[Input data]

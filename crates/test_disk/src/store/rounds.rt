//! How a test writes the groups of a book to the disk.

ghost use Rattle.std.specs.Prelude.{◌≡◌, ◌∷◌, [], None};
ghost use Rattle.journal.specs.Journal.{spare_of, IsAlive};
ghost use Rattle.validator.specs.Setting.{node_of};
ghost use Rattle.book.specs.InFlight.{AreInFlight};

use crate::store::words::{bad, put, put_number, put_shown};
use book::OwnBook;
use diskmodel::{Disk, MemDisk};
use journal::{Group, Journal, Synced};
use sigface::{HashSign, Sign};
use std::alloc::Global;

/// What a test does with the groups of a book.
#[derive(Clone, Copy)]
pub enum Putting {
    /// It takes one group and writes it, and doesn't settle it.
    Written,
    /// It takes one group, writes and settles it.
    Settled,
    /// It takes two groups and writes both, and then settles one after the other.
    Two,
}

/// Opens the journal on a disk, and writes groups of the book. Returns the disk.
pub fn put_groups(
    alloc: Global,
    own: &mut OwnBook<'_, HashSign>,
    disk: MemDisk,
    putting: Putting,
    answer: &mut String,
) -> MemDisk {
    match Journal::open(alloc, disk) {
        Ok((mut journal, _)) => {
            match putting {
                Putting::Written => write(own, &mut journal, answer),
                Putting::Settled => flush(own, &mut journal, answer),
                Putting::Two => write_two(own, &mut journal, answer),
            }
            put(answer, "\n");
            journal.into_disk()
        }
        Err(failed) => {
            bad(answer);
            failed.disk
        }
    }
}

/// Takes a group and writes it. The group stays in flight.
fn write(own: &mut OwnBook<'_, HashSign>, journal: &mut Journal<MemDisk>, answer: &mut String)
    requires alive { IsAlive ⟦<MemDisk as Disk>⟧.device journal.old }
    requires alone { spare_of journal.old ≡ None }
    ensures alone { spare_of journal.new ≡ None }
{
    match own.take() {
        Ok(Some(group)) => {
            put(answer, "a group of");
            put_number(answer, group.records_count());
            match journal.append(group) {
                Ok(synced) => put_number(answer, synced.records()),
                Err(_) => bad(answer),
            }
        }
        Ok(None) => put(answer, "no group"),
        Err(_) => bad(answer),
    }
}

/// Takes a group of the book, writes and settles it.
fn flush(own: &mut OwnBook<'_, HashSign>, journal: &mut Journal<MemDisk>, answer: &mut String)
    requires alive { IsAlive ⟦<MemDisk as Disk>⟧.device journal.old }
    requires alone { spare_of journal.old ≡ None }
    ensures alone { spare_of journal.new ≡ None }
{
    match own.flush(journal) {
        Ok(0) => put(answer, "no group"),
        Ok(count) => {
            put(answer, "a group of");
            put_number(answer, count);
        }
        Err(error) => put_shown(answer, "", &error, ""),
    }
}

/// Takes a group and writes it, does the same with a second one, and then settles both in turn.
fn write_two(own: &mut OwnBook<'_, HashSign>, journal: &mut Journal<MemDisk>, answer: &mut String)
    requires alive { IsAlive ⟦<MemDisk as Disk>⟧.device journal.old }
    requires alone { spare_of journal.old ≡ None }
    ensures alone { spare_of journal.new ≡ None }
{
    if !own.is_settled() {
        return put(answer, "a group is on the way");
    }
    let Ok(Some(group)) = own.take() else {
        return put(answer, "no group");
    };
    put(answer, "groups of");
    put_number(answer, group.records_count());
    match journal.append(group) {
        Ok(synced) => write_second(own, journal, synced, answer),
        Err(_) => bad(answer),
    }
}

/// Takes a second group and writes it, and settles it after the first group.
fn write_second(
    own: &mut OwnBook<'_, HashSign>,
    journal: &mut Journal<MemDisk>,
    first: Synced,
    answer: &mut String,
)
    requires alive { IsAlive ⟦<MemDisk as Disk>⟧.device journal.old }
    requires alone { spare_of journal.old ≡ None }
    requires way { AreInFlight (node_of ⟦<HashSign as Sign>⟧.scheme own.old.validator.setting) own.old (first ∷ []) }
    ensures alone { spare_of journal.new ≡ None }
{
    let Ok(Some(group)) = own.take() else {
        put(answer, ", no second");
        return put_number(answer, first.records());
    };
    put_number(answer, group.records_count());
    match journal.append(group) {
        Ok(second) => settle_two(own, first, second),
        Err(_) => {
            bad(answer);
            put_number(answer, first.records());
        }
    }
}

/// Settles two groups, in the order in which they were taken.
fn settle_two(own: &mut OwnBook<'_, HashSign>, first: Synced, second: Synced)
    requires { AreInFlight (node_of ⟦<HashSign as Sign>⟧.scheme own.old.validator.setting) own.old (first ∷ second ∷ []) }
{
    own.settle(first);
    own.settle(second);
}
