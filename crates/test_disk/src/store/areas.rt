//! Lists of steps on a journal on two areas. `oracles/worlds.py` draws them, and computes the result of each in a world of plain lists.

use crate::store::area_runs::Run;
use crate::store::area_steps::steps_of;
use crate::store::words::Reported;
use book::EVENT_RECORD;
use sigface::HashSign;
use std::alloc::Global;
use validator::Config;
use wire::Author;

/// An event of the lists of steps.
#[derive(Drop)]
pub struct Listed {
    pub sender: Author,
    pub message: Vec<u8>,
    /// The record of the event.
    pub record: Vec<u8>,
}

/// The events that the steps of a test case may bring in, by their numbers.
#[derive(Drop)]
pub struct AreaLists<'a> {
    alloc: Global,
    config: &'a Config<HashSign>,
    events: Vec<Listed>,
}

impl<'a> AreaLists<'a> {
    /// The state before the first test case.
    pub fn new(alloc: Global, config: &'a Config<HashSign>) -> AreaLists<'a> {
        let events = Vec::new(alloc);
        AreaLists {
            alloc,
            config,
            events,
        }
    }

    /// Begins a test case.
    pub fn begin(&mut self) {
        self.events = Vec::new(self.alloc);
    }

    /// `event SENDER MESSAGE` adds an event.
    pub fn add(&mut self, sender: u64, message: &[u8]) -> Reported {
        let sender = Author(u16::try_from(sender).unwrap_or(u16::MAX));
        let [high, low] = sender.0.to_be_bytes();
        let mut record = vec![in self.alloc; EVENT_RECORD, high, low]?;
        record.extend_from_slice(message)?;
        let message = message.to_vec(self.alloc)?;
        self.events.push(Listed {
            sender,
            message,
            record,
        })?;
        Ok(())
    }

    /// `areas STEP ..` makes these steps, beginning with two empty areas.
    pub fn play(&self, steps: &str, answer: &mut String) -> Reported {
        let steps = steps_of(self.alloc, steps)?;
        Run::new(self.alloc, self.config, &self.events)?.play(&steps, answer)
    }
}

[/Input data]

**Task details:** All of the data above should be reproduced exactly, with nothing left out.

**Completed exercise:**
filename crates/test_disk/src/store/rounds.rt
//! How a test writes the groups of a book to the disk.

ghost use Rattle.std.specs.Prelude.{◌≡◌, ◌∷◌, [], None};
ghost use Rattle.journal.specs.Journal.{spare_of, IsAlive};
ghost use Rattle.validator.specs.Setting.{node_of};
ghost use Rattle.book.specs.InFlight.{AreInFlight};

use crate::store::words::{bad, put, put_number, put_shown};
use book::OwnBook;
use diskmodel::{Disk, MemDisk};
use journal::{Group, Journal, Synced};
use sigface::{HashSign, Sign};
use std::alloc::Global;

/// What a test does with the groups of a book.
#[derive(Clone, Copy)]
pub enum Putting {
    /// It takes one group and writes it, and doesn't settle it.
    Written,
    /// It takes one group, writes and settles it.
    Settled,
    /// It takes two groups and writes both, and then settles one after the other.
    Two,
}

/// Opens the journal on a disk, and writes groups of the book. Returns the disk.
pub fn put_groups(
    alloc: Global,
    own: &mut OwnBook<'_, HashSign>,
    disk: MemDisk,
    putting: Putting,
    answer: &mut String,
) -> MemDisk {
    match Journal::open(alloc, disk) {
        Ok((mut journal, _)) => {
            match putting {
                Putting::Written => write(own, &mut journal, answer),
                Putting::Settled => flush(own, &mut journal, answer),
                Putting::Two => write_two(own, &mut journal, answer),
            }
            put(answer, "\n");
            journal.into_disk()
        }
        Err(failed) => {
            bad(answer);
            failed.disk
        }
    }
}

/// Takes a group and writes it. The group stays in flight.
fn write(own: &mut OwnBook<'_, HashSign>, journal: &mut Journal<MemDisk>, answer: &mut String)
    requires alive { IsAlive ⟦<MemDisk as Disk>⟧.device journal.old }
    requires alone { spare_of journal.old ≡ None }
    ensures alone { spare_of journal.new ≡ None }
{
    match own.take() {
        Ok(Some(group)) => {
            put(answer, "a group of");
            put_number(answer, group.records_count());
            match journal.append(group) {
                Ok(synced) => put_number(answer, synced.records()),
                Err(_) => bad(answer),
            }
        }
        Ok(None) => put(answer, "no group"),
        Err(_) => bad(answer),
    }
}

/// Takes a group of the book, writes and settles it.
fn flush(own: &mut OwnBook<'_, HashSign>, journal: &mut Journal<MemDisk>, answer: &mut String)
    requires alive { IsAlive ⟦<MemDisk as Disk>⟧.device journal.old }
    requires alone { spare_of journal.old ≡ None }
    ensures alone { spare_of journal.new ≡ None }
{
    match own.flush(journal) {
        Ok(0) => put(answer, "no group"),
        Ok(count) => {
            put(answer, "a group of");
            put_number(answer, count);
        }
        Err(error) => put_shown(answer, "", &error, ""),
    }
}

/// Takes a group and writes it, does the same with a second one, and then settles both in turn.
fn write_two(own: &mut OwnBook<'_, HashSign>, journal: &mut Journal<MemDisk>, answer: &mut String)
    requires alive { IsAlive ⟦<MemDisk as Disk>⟧.device journal.old }
    requires alone { spare_of journal.old ≡ None }
    ensures alone { spare_of journal.new ≡ None }
{
    if !own.is_settled() {
        return put(answer, "a group is on the way");
    }
    let Ok(Some(group)) = own.take() else {
        return put(answer, "no group");
    };
    put(answer, "groups of");
    put_number(answer, group.records_count());
    match journal.append(group) {
        Ok(synced) => write_second(own, journal, synced, answer),
        Err(_) => bad(answer),
    }
}

/// Takes a second group and writes it, and settles it after the first group.
fn write_second(
    own: &mut OwnBook<'_, HashSign>,
    journal: &mut Journal<MemDisk>,
    first: Synced,
    answer: &mut String,
)
    requires alive { IsAlive ⟦<MemDisk as Disk>⟧.device journal.old }
    requires alone { spare_of journal.old ≡ None }
    requires way { AreInFlight (node_of ⟦<HashSign as Sign>⟧.scheme own.old.validator.setting) own.old (first ∷ []) }
    ensures alone { spare_of journal.new ≡ None }
{
    let Ok(Some(group)) = own.take() else {
        put(answer, ", no second");
        return put_number(answer, first.records());
    };
    put_number(answer, group.records_count());
    match journal.append(group) {
        Ok(second) => settle_two(own, first, second),
        Err(_) => {
            bad(answer);
            put_number(answer, first.records());
        }
    }
}

/// Settles two groups, in the order in which they were taken.
fn settle_two(own: &mut OwnBook<'_, HashSign>, first: Synced, second: Synced)
    requires { AreInFlight (node_of ⟦<HashSign as Sign>⟧.scheme own.old.validator.setting) own.old (first ∷ second ∷ []) }
{
    own.settle(first);
    own.settle(second);
}
filename crates/test_disk/src/store/areas.rt
//! Lists of steps on a journal on two areas. `oracles/worlds.py` draws them, and computes the result of each in a world of plain lists.

use crate::store::area_runs::Run;
use crate::store::area_steps::steps_of;
use crate::store::words::Reported;
use book::EVENT_RECORD;
use sigface::HashSign;
use std::alloc::Global;
use validator::Config;
use wire::Author;

/// An event of the lists of steps.
#[derive(Drop)]
pub struct Listed {
    pub sender: Author,
    pub message: Vec<u8>,
    /// The record of the event.
    pub record: Vec<u8>,
}

/// The events that the steps of a test case may bring in, by their numbers.
#[derive(Drop)]
pub struct AreaLists<'a> {
    alloc: Global,
    config: &'a Config<HashSign>,
    events: Vec<Listed>,
}

impl<'a> AreaLists<'a> {
    /// The state before the first test case.
    pub fn new(alloc: Global, config: &'a Config<HashSign>) -> AreaLists<'a> {
        let events = Vec::new(alloc);
        AreaLists {
            alloc,
            config,
            events,
        }
    }

    /// Begins a test case.
    pub fn begin(&mut self) {
        self.events = Vec::new(self.alloc);
    }

    /// `event SENDER MESSAGE` adds an event.
    pub fn add(&mut self, sender: u64, message: &[u8]) -> Reported {
        let sender = Author(u16::try_from(sender).unwrap_or(u16::MAX));
        let [high, low] = sender.0.to_be_bytes();
        let mut record = vec![in self.alloc; EVENT_RECORD, high, low]?;
        record.extend_from_slice(message)?;
        let message = message.to_vec(self.alloc)?;
        self.events.push(Listed {
            sender,
            message,
            record,
        })?;
        Ok(())
    }

    /// `areas STEP ..` makes these steps, beginning with two empty areas.
    pub fn play(&self, steps: &str, answer: &mut String) -> Reported {
        let steps = steps_of(self.alloc, steps)?;
        Run::new(self.alloc, self.config, &self.events)?.play(&steps, answer)
    }
}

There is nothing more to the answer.